» **PROVIDED MATERIAL**
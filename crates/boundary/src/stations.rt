// A station in the caller's own memory (document 02, Eight), thin over `station_record`. A range that holds no station is refused with 16.
// The replies are kept beside those of `replies`: each is a C function with parameters of its own.
ghost use Rattle.std.specs.Prelude.{◌∷◌, [], ◌≡◌, Ok};
ghost use Rattle.answer.specs.Checks.{and_then};
ghost use Rattle.answer.specs.Faults.{without_place};
ghost use Rattle.reply.specs.Replies.{tpc_reply, measurement_reply};
ghost use Rattle.station.specs.Asking.{permission_number};
ghost use Rattle.station_record.specs.Calls.{started_in, advanced_in, taken_in, asked_in};
ghost use Rattle.station_record.specs.Held.{held_in};
ghost use Rattle.station_record.specs.Records.{size};
ghost use Rattle.boundary.specs.Codes.{address_of, code_of, Given};
ghost use Rattle.boundary.specs.Findings.{finding_given};
ghost use Rattle.boundary.specs.Given.{tpc_given};
ghost use Rattle.boundary.specs.Stations.{OnStation};

use crate::{codes, given, replies};
use measured_report::Readings;

// The octets that a caller sets aside for a station.
#[unsafe(no_mangle)]
pub extern "C" fn oneiralth_station_size() -> u64
    ensures { result ≡ size }
{
    station_record::SIZE as u64
}

// The range need hold nothing yet.
#[unsafe(no_mangle)]
pub extern "C" fn oneiralth_station_start(
    own: u64,
    ap: u64,
    interval: u16,
    channel: u8,
    station: &mut [u8],
) -> u64
    ensures { OnStation (started_in (address_of own) (address_of ap) interval channel station.old) station.old result station.new }
{
    let own = codes::address(own);
    let ap = codes::address(ap);
    codes::answered(station_record::start(own, ap, interval, channel, station))
}

#[unsafe(no_mangle)]
pub extern "C" fn oneiralth_station_take(station: &mut [u8], frame: &[u8]) -> u64
    ensures { OnStation (without_place (taken_in frame.now station.old)) station.old result station.new }
{
    codes::judged(station_record::take(station, frame))
}

#[unsafe(no_mangle)]
pub extern "C" fn oneiralth_station_advance(station: &mut [u8], units: u32) -> u64
    ensures { OnStation (advanced_in units station.old) station.old result station.new }
{
    codes::answered(station_record::advance(station, units))
}

// The number of the answer.
#[unsafe(no_mangle)]
pub extern "C" fn oneiralth_station_ask(station: &[u8], units: u32) -> u64
    ensures { result ≡ code_of (and_then (asked_in units station.now) (λ p. Ok (permission_number p))) }
{
    match station_record::ask(station, units) {
        Err(refusal) => codes::refused(refusal),
        Ok(permission) => u64::from(permission.number()),
    }
}

#[unsafe(no_mangle)]
pub extern "C" fn oneiralth_station_reply_to_tpc_request(
    station: &[u8],
    frame: &[u8],
    power: u8,
    margin: u8,
    out: &mut [u8],
) -> u64
    ensures { Given (and_then (held_in station.now) (λ s. tpc_reply s.own s.ap (tpc_given power margin) frame.now)) out.old result out.new }
{
    match station_record::read(station) {
        Err(refusal) => codes::refused(refusal),
        Ok(held) => {
            let report = given::tpc(power, margin);
            codes::wrote(reply::to_tpc_request(frame, held.own, held.ap, report, out))
        }
    }
}

#[unsafe(no_mangle)]
pub extern "C" fn oneiralth_station_reply_to_measurement_request(
    station: &[u8],
    frame: &[u8],
    index: usize,
    found: u8,
    value: u32,
    t0: u32,
    t1: u32,
    t2: u32,
    t3: u32,
    t4: u32,
    t5: u32,
    t6: u32,
    t7: u32,
    out: &mut [u8],
) -> u64
    ensures { Given (and_then (held_in station.now) (λ s. measurement_reply s.own s.ap s.clock index (record { finding = finding_given found value; times = t0 ∷ t1 ∷ t2 ∷ t3 ∷ t4 ∷ t5 ∷ t6 ∷ t7 ∷ [] }) frame.now)) out.old result out.new }
{
    match station_record::read(station) {
        Err(refusal) => codes::refused(refusal),
        Ok(held) => {
            let readings = Readings {
                finding: replies::finding(found, value),
                times: [t0, t1, t2, t3, t4, t5, t6, t7],
            };
            codes::wrote(reply::to_measurement_request(
                frame, held.own, held.ap, held.clock, index, readings, out,
            ))
        }
    }
}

» **TASK OBJECTIVE**
The task calls for every line of the material to be reproduced precisely.

» **OUTPUT FOR THIS EXERCISE**
filename crates/boundary/src/stations.rt
// A station in the caller's own memory (document 02, Eight), thin over `station_record`. A range that holds no station is refused with 16.
// The replies are kept beside those of `replies`: each is a C function with parameters of its own.
ghost use Rattle.std.specs.Prelude.{◌∷◌, [], ◌≡◌, Ok};
ghost use Rattle.answer.specs.Checks.{and_then};
ghost use Rattle.answer.specs.Faults.{without_place};
ghost use Rattle.reply.specs.Replies.{tpc_reply, measurement_reply};
ghost use Rattle.station.specs.Asking.{permission_number};
ghost use Rattle.station_record.specs.Calls.{started_in, advanced_in, taken_in, asked_in};
ghost use Rattle.station_record.specs.Held.{held_in};
ghost use Rattle.station_record.specs.Records.{size};
ghost use Rattle.boundary.specs.Codes.{address_of, code_of, Given};
ghost use Rattle.boundary.specs.Findings.{finding_given};
ghost use Rattle.boundary.specs.Given.{tpc_given};
ghost use Rattle.boundary.specs.Stations.{OnStation};

use crate::{codes, given, replies};
use measured_report::Readings;

// The octets that a caller sets aside for a station.
#[unsafe(no_mangle)]
pub extern "C" fn oneiralth_station_size() -> u64
    ensures { result ≡ size }
{
    station_record::SIZE as u64
}

// The range need hold nothing yet.
#[unsafe(no_mangle)]
pub extern "C" fn oneiralth_station_start(
    own: u64,
    ap: u64,
    interval: u16,
    channel: u8,
    station: &mut [u8],
) -> u64
    ensures { OnStation (started_in (address_of own) (address_of ap) interval channel station.old) station.old result station.new }
{
    let own = codes::address(own);
    let ap = codes::address(ap);
    codes::answered(station_record::start(own, ap, interval, channel, station))
}

#[unsafe(no_mangle)]
pub extern "C" fn oneiralth_station_take(station: &mut [u8], frame: &[u8]) -> u64
    ensures { OnStation (without_place (taken_in frame.now station.old)) station.old result station.new }
{
    codes::judged(station_record::take(station, frame))
}

#[unsafe(no_mangle)]
pub extern "C" fn oneiralth_station_advance(station: &mut [u8], units: u32) -> u64
    ensures { OnStation (advanced_in units station.old) station.old result station.new }
{
    codes::answered(station_record::advance(station, units))
}

// The number of the answer.
#[unsafe(no_mangle)]
pub extern "C" fn oneiralth_station_ask(station: &[u8], units: u32) -> u64
    ensures { result ≡ code_of (and_then (asked_in units station.now) (λ p. Ok (permission_number p))) }
{
    match station_record::ask(station, units) {
        Err(refusal) => codes::refused(refusal),
        Ok(permission) => u64::from(permission.number()),
    }
}

#[unsafe(no_mangle)]
pub extern "C" fn oneiralth_station_reply_to_tpc_request(
    station: &[u8],
    frame: &[u8],
    power: u8,
    margin: u8,
    out: &mut [u8],
) -> u64
    ensures { Given (and_then (held_in station.now) (λ s. tpc_reply s.own s.ap (tpc_given power margin) frame.now)) out.old result out.new }
{
    match station_record::read(station) {
        Err(refusal) => codes::refused(refusal),
        Ok(held) => {
            let report = given::tpc(power, margin);
            codes::wrote(reply::to_tpc_request(frame, held.own, held.ap, report, out))
        }
    }
}

#[unsafe(no_mangle)]
pub extern "C" fn oneiralth_station_reply_to_measurement_request(
    station: &[u8],
    frame: &[u8],
    index: usize,
    found: u8,
    value: u32,
    t0: u32,
    t1: u32,
    t2: u32,
    t3: u32,
    t4: u32,
    t5: u32,
    t6: u32,
    t7: u32,
    out: &mut [u8],
) -> u64
    ensures { Given (and_then (held_in station.now) (λ s. measurement_reply s.own s.ap s.clock index (record { finding = finding_given found value; times = t0 ∷ t1 ∷ t2 ∷ t3 ∷ t4 ∷ t5 ∷ t6 ∷ t7 ∷ [] }) frame.now)) out.old result out.new }
{
    match station_record::read(station) {
        Err(refusal) => codes::refused(refusal),
        Ok(held) => {
            let readings = Readings {
                finding: replies::finding(found, value),
                times: [t0, t1, t2, t3, t4, t5, t6, t7],
            };
            codes::wrote(reply::to_measurement_request(
                frame, held.own, held.ap, held.clock, index, readings, out,
            ))
        }
    }
}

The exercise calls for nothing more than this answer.